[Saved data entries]
=== Begin Enclosure ===

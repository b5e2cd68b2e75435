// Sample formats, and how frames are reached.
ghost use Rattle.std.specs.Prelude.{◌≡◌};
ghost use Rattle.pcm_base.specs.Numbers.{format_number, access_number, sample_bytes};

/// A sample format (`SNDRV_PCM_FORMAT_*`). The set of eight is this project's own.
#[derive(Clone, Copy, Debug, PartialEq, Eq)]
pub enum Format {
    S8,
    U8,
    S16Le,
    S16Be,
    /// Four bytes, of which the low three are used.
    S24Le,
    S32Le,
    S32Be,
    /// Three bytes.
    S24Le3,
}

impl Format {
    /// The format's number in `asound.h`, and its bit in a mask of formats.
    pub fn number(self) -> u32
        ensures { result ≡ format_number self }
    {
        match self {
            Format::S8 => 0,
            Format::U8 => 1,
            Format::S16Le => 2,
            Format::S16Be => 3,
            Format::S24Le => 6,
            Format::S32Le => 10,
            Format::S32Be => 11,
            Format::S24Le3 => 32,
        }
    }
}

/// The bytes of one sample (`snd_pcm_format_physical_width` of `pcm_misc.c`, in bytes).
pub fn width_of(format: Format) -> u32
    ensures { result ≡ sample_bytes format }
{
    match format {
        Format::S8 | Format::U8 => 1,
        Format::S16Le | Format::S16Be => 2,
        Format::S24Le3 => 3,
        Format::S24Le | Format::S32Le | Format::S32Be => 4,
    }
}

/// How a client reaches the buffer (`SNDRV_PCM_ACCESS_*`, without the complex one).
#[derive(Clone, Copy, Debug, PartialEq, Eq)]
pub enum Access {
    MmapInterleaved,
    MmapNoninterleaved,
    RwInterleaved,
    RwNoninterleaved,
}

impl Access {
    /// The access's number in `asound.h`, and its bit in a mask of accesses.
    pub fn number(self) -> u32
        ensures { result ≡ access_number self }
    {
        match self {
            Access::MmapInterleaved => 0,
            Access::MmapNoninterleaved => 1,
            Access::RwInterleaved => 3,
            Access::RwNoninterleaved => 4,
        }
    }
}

=== End Enclosure ===
=== Begin Enclosure ===

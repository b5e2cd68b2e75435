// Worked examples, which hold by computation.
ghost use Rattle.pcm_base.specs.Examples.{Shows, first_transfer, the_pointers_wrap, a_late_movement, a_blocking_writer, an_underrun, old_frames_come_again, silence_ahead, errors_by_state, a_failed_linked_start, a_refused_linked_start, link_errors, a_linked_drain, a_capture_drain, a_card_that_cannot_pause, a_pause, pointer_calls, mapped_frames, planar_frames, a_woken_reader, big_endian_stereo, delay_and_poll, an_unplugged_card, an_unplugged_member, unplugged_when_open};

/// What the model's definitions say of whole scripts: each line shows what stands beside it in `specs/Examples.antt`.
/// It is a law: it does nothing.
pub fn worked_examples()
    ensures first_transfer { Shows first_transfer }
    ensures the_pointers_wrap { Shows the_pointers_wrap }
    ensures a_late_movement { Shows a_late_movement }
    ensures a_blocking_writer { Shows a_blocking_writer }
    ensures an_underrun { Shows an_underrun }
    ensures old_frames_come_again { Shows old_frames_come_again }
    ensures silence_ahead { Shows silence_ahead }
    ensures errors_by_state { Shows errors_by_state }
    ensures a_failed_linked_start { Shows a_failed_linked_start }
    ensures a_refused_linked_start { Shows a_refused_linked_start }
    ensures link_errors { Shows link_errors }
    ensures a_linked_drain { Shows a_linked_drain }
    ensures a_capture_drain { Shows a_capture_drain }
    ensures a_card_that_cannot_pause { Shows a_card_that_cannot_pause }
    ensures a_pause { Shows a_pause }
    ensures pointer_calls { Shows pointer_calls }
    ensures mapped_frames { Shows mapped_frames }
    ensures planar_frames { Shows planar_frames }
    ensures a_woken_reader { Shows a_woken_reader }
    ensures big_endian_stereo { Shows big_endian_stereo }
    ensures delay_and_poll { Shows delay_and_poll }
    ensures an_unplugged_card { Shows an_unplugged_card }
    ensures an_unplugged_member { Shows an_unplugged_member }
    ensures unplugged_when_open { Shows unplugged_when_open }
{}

=== End Enclosure ===

**What this task involves**.
Each line in the records above with "RwInterleaved" must be returned.

**Task answer**.
    RwInterleaved,
            Access::RwInterleaved => 3,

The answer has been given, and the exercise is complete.